* _Stored data_
╭──
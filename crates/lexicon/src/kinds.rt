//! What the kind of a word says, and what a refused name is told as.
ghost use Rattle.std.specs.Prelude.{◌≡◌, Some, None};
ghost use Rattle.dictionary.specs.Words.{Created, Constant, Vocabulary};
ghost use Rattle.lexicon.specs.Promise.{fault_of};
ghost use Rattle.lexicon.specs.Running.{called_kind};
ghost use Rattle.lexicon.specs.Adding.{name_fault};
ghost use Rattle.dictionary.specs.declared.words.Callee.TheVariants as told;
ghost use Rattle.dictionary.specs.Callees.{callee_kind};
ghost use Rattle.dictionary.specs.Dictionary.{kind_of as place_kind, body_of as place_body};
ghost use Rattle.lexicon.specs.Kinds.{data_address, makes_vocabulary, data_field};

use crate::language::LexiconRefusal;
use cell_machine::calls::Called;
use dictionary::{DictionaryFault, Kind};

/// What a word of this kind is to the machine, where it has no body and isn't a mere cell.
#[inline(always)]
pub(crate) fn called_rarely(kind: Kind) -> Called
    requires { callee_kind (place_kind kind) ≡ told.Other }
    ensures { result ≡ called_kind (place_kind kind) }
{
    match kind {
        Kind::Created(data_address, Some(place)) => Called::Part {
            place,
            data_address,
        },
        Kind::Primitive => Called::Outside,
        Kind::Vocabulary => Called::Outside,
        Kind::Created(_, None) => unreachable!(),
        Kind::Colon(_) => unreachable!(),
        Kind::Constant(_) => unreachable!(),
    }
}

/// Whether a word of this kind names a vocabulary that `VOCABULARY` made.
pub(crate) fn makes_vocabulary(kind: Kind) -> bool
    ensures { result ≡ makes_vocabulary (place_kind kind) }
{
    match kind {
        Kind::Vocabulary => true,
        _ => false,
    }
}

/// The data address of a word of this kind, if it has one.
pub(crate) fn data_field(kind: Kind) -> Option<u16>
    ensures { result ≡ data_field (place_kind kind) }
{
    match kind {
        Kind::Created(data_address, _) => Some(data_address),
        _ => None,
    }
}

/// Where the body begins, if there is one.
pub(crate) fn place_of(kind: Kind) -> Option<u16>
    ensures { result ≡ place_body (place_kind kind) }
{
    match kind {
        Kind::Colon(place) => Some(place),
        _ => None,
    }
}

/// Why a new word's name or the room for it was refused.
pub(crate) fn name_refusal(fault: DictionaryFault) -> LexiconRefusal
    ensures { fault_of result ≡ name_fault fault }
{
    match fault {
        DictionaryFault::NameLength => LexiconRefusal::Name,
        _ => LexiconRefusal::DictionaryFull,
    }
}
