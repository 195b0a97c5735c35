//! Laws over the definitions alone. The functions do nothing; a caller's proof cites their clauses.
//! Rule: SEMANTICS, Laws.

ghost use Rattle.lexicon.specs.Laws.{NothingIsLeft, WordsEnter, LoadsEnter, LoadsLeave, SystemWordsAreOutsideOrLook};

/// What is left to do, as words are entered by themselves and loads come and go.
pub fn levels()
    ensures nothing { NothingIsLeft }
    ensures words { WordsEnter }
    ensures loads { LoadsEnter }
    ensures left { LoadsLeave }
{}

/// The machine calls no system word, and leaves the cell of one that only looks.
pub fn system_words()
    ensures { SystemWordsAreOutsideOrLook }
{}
╰──
* _Assignment_
Only those lines of the entries above that run from the line containing "result ≡ place_body" to the line containing "cites their clauses.", both included, should be transcribed exactly.

* _Solved exercise_
    ensures { result ≡ place_body (place_kind kind) }
{
    match kind {
        Kind::Colon(place) => Some(place),
        _ => None,
    }
}

/// Why a new word's name or the room for it was refused.
pub(crate) fn name_refusal(fault: DictionaryFault) -> LexiconRefusal
    ensures { fault_of result ≡ name_fault fault }
{
    match fault {
        DictionaryFault::NameLength => LexiconRefusal::Name,
        _ => LexiconRefusal::DictionaryFull,
    }
}
repository 195b0a97c5735c35
//! Laws over the definitions alone. The functions do nothing; a caller's proof cites their clauses.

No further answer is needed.